The gene expression sequence of radiated mucosa in an animal mucositis model

Abstract

Oral mucositis is a common, dose-limiting, acute toxicity of radiation therapy administered for the treatment of cancers of the head and neck. Accumulating data would suggest that the pathogenesis of mucositis is complex and involves the sequential interaction of all cell types of the oral mucosa, as well as a number of cytokines and elements of the oral environment. While a number of studies have reported on gene expression of particular cell types in response to radiation, the overall response of irradiated mucosa has only been evaluated in a limited way. The present study was undertaken to evaluate the expression of a target group of genes using RNA quantification assays and, more broadly, to assess patterns of mucosal gene expression using DNA microarray hybridization.
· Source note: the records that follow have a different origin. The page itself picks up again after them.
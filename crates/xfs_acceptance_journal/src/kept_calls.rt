//! What a journal has in memory of a longer file, and what a remount asks of it there.

use crate::files::opened;
use crate::journal_calls::{LIMITS, append, mounted, remount};
use crate::short_files::{old_file, short_file};
use std::alloc::Global;
use std::fs::{self, File};
use std::test::Fail;
use xfs_disk::{Disk, FileDisk, MemDisk};
use xfs_journal::{AppendFault, Journal, Limits, MountFault, Rec};

// A Boot and an Issue, and behind them a Start and an Issue, whose gate bytes stand at 224 and 428: 449 bytes.
fn long_file(alloc: Global) -> Result<Vec<u8>, Fail> {
    let mut bytes = old_file(alloc)?;
    bytes.pop();
    bytes.extend_from_slice(short_file(alloc)?.get(8..).ok_or("shorter")?)?;
    Ok(bytes)
}

// Its first bytes, and these behind them.
fn cut(alloc: Global, len: usize, behind: &[u8]) -> Result<Vec<u8>, Fail> {
    let mut bytes = long_file(alloc)?;
    bytes.truncate(len);
    bytes.extend_from_slice(behind)?;
    Ok(bytes)
}

// The file with another byte at this place.
fn with(alloc: Global, place: usize, byte: u8) -> Result<Vec<u8>, Fail> {
    let mut bytes = long_file(alloc)?;
    *bytes.get_mut(place).ok_or("shorter")? = byte;
    Ok(bytes)
}

// The file with a Clear in place of its Boot, which is 192 bytes longer.
fn with_short_front(alloc: Global) -> Result<Vec<u8>, Fail> {
    let mut bytes = b"XFSJRNL1\x01\0\x01C".to_vec(alloc)?;
    bytes.extend_from_slice(long_file(alloc)?.get(204..).ok_or("shorter")?)?;
    Ok(bytes)
}

// Whether memory has the Start and the Issue behind it alone.
fn keeps_two<D: Disk>(journal: &Journal<D>) -> bool {
    matches!(
        journal.records(),
        [Rec::Start { issues: 0, .. }, Rec::Issue { number: 1, .. }]
    ) && journal.base() == 2
        && journal.issues() == 1
}

#[test]
fn memory_has_the_records_from_the_last_boot_record_on(rt: HostRuntime) -> Result<(), Fail> {
    let alloc = rt.alloc();
    let mut journal = mounted(alloc, MemDisk::new(alloc, long_file(alloc)?))?;
    assert!(rt; keeps_the_end(&mut journal));
    Ok(())
}

#[test]
fn memory_has_all_records_behind_the_first_boot_record(rt: HostRuntime) -> Result<(), Fail> {
    let alloc = rt.alloc();
    let journal = mounted(alloc, MemDisk::new(alloc, old_file(alloc)?))?;
    assert!(rt; keeps_all(&journal));
    Ok(())
}

// Whether memory has the two records alone, also behind a rebase once a third came.
fn keeps_the_end<D: Disk>(journal: &mut Journal<D>) -> bool {
    let begins = keeps_two(journal);
    let appended = append(journal, Rec::Clear);
    rebase(journal);
    begins && appended == Ok(5) && journal.base() == 2 && journal.issues() == 1
}

fn rebase<D: Disk>(journal: &mut Journal<D>) {
    journal.rebase();
}

fn keeps_all<D: Disk>(journal: &Journal<D>) -> bool {
    journal.base() == 0 && journal.issues() == 0 && journal.records().len() == 2
}

// The limit of four records counts the two in memory.
#[test]
fn the_limit_of_records_counts_those_in_memory(rt: HostRuntime) -> Result<(), Fail> {
    let alloc = rt.alloc();
    let limits = Limits {
        records: 4,
        bytes: LIMITS.bytes,
    };
    let Ok(mut journal) = Journal::mount(alloc, MemDisk::new(alloc, long_file(alloc)?), limits)
    else {
        return Err("the disk is not mounted")?;
    };
    assert!(rt; takes_two_more(&mut journal));
    Ok(())
}

fn takes_two_more<D: Disk>(journal: &mut Journal<D>) -> bool {
    journal.left().records == 2
        && append(journal, Rec::Clear) == Ok(5)
        && append(journal, Rec::Expire) == Ok(6)
        && append(journal, Rec::Clear) == Err(AppendFault::Full)
}

// Whether a remount takes what others wrote into the journal's file, and where the next record stands then, which is the
// fifth; else the place that it is refused at.
fn remounted(rt: &HostRuntime, found: &[u8]) -> Result<(bool, u64), Fail> {
    let path = "xfs_journal_kept.test";
    fs::write(rt, path, long_file(rt.alloc())?.as_slice())?;
    let mut journal = mounted(rt.alloc(), FileDisk::new(opened(rt, path)?))?;
    fs::write(rt, path, found)?;
    told_again(rt, path, &mut journal)
}

fn told_again<D: Disk>(
    rt: &HostRuntime,
    path: &str,
    journal: &mut Journal<D>,
) -> Result<(bool, u64), Fail> {
    if let Some(at) = refused_at(journal)? {
        return Ok((false, at));
    }
    takes_a_fifth(journal)?;
    Ok((true, last_clear(rt, path)?))
}

// The place that a remount is refused at. None where it isn't.
fn refused_at<D: Disk>(journal: &mut Journal<D>) -> Result<Option<u64>, Fail> {
    match remount(journal) {
        Ok(()) => Ok(None),
        Err(MountFault::NotJournal { at }) => Ok(Some(at)),
        Err(fault) => Err(fault.into()),
    }
}

fn takes_a_fifth<D: Disk>(journal: &mut Journal<D>) -> Result<(), Fail> {
    if !keeps_two(journal) || append(journal, Rec::Clear) != Ok(5) {
        return Err("other records are kept")?;
    }
    Ok(())
}

// The place of the Clear that a file ends with.
fn last_clear(rt: &HostRuntime, path: &str) -> Result<u64, Fail> {
    let bytes = fs::read(rt, path)?;
    let at = bytes.len().saturating_sub(5);
    if bytes.get(at..) != Some(b"\x01\0\x01C\0".as_slice()) {
        return Err("the file ends otherwise")?;
    }
    Ok(at as u64)
}

// This file is taken, or refused at this place.
fn taken(rt: &HostRuntime, found: Result<Vec<u8>, Fail>, due: (bool, u64)) -> Result<(), Fail> {
    if remounted(rt, &found?)? != due {
        return Err("another answer, or another place")?;
    }
    Ok(())
}

// A file tells nothing: of what stands in front of the base, it is asked that it is whole records.
#[test]
fn a_remount_compares_what_stands_behind_the_base(rt: HostRuntime) -> Result<(), Fail> {
    let alloc = rt.alloc();
    taken(&rt, long_file(alloc), (true, 448))?;
    // Another Start; a record missing; one too many.
    taken(&rt, with(alloc, 239, 99), (false, 224))?;
    taken(&rt, cut(alloc, 428, b"\0"), (false, 428))?;
    taken(&rt, cut(alloc, 448, b"\x01\0\x01C\0"), (false, 448))?;
    // In front other places, no record, another length, and fewer records than the base.
    taken(&rt, with(alloc, 15, 99), (true, 448))?;
    taken(&rt, with(alloc, 11, b'Z'), (false, 8))?;
    taken(&rt, with_short_front(alloc), (true, 256))?;
    taken(&rt, cut(alloc, 204, b"\0"), (false, 204))?;
    fs::remove_file(&rt, "xfs_journal_kept.test")?;
    Ok(())
}

// Whether a remount takes these bytes where a Clear is in doubt, and how many records memory has then; else the place that
// it is refused at.
fn remounted_in_doubt(rt: &HostRuntime, found: &[u8]) -> Result<(bool, u64), Fail> {
    let path = "xfs_journal_doubt.test";
    fs::write(rt, path, long_file(rt.alloc())?.as_slice())?;
    let mut journal = doubting(rt, path)?;
    fs::write(rt, path, found)?;
    told_in_doubt(&mut journal)
}

fn told_in_doubt<D: Disk>(journal: &mut Journal<D>) -> Result<(bool, u64), Fail> {
    Ok(match refused_at(journal)? {
        None => (true, journal.records().len() as u64),
        Some(at) => (false, at),
    })
}

// The journal of a file that can't be written, where a Clear is in doubt.
fn doubting(rt: &HostRuntime, path: &str) -> Result<Journal<FileDisk>, Fail> {
    let mut journal = mounted(rt.alloc(), FileDisk::new(File::open(rt, path)?))?;
    if append(&mut journal, Rec::Clear) != Err(AppendFault::Disk) {
        return Err("a file that can't be written was")?;
    }
    Ok(journal)
}

// The record in doubt is found, or not, or the file is refused at this place.
fn found_in_doubt(rt: &HostRuntime, behind: &[u8], due: (bool, u64)) -> Result<(), Fail> {
    let found = cut(rt.alloc(), 448, behind)?;
    if remounted_in_doubt(rt, &found)? != due {
        return Err("another answer, or another place")?;
    }
    Ok(())
}

#[test]
fn a_record_in_doubt_is_found_behind_the_base_or_not(rt: HostRuntime) -> Result<(), Fail> {
    found_in_doubt(&rt, b"\0", (true, 2))?;
    found_in_doubt(&rt, b"\x01\0\x01C\0", (true, 3))?;
    found_in_doubt(&rt, b"\x01\0\x01E\0", (false, 448))?;
    found_in_doubt(&rt, b"\x01\0\x01C\x01\0\x01C\0", (false, 452))?;
    fs::remove_file(&rt, "xfs_journal_doubt.test")?;
    Ok(())
}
Our results demonstrate the sequential upregulation of a series of genes that, when taken collectively, suggest an intricate functional interaction.

Figure 1

Typical mucositis curve following radiation of the hamster cheek pouch . Mucositis was induced with a single dose of radiation (35 Gy) administered on day 0. Irradiation specifically targeted the left buccal pouch mucosa using a lead shield to isolate it from the rest of the animal. Mucositis was scored on a scale ranging from 0 for normal, to 5 for severe ulceration using the following definitions: 0 = healthy pouch; 1 = erythema, but no mucosal erosion; 2 = severe erythema and vasodilation, superficial erosion may be present; 3 = ulcer formation at one or more sites with cumulative size of ulcers equal to or less than 25% of pouch surface area; 4 = ulceration with cumulative size equal to approximately 50% of pouch surface area; 5 = ulceration involving virtually all of pouch surface area.

Figure 2

Fluorogenic RT‐PCR measurement of heat shock protein 70 (▪), heat shock protein 90 (◆), cyclin A (s), p53 (×), and polδ (•) gene expression with respect to time following radiation.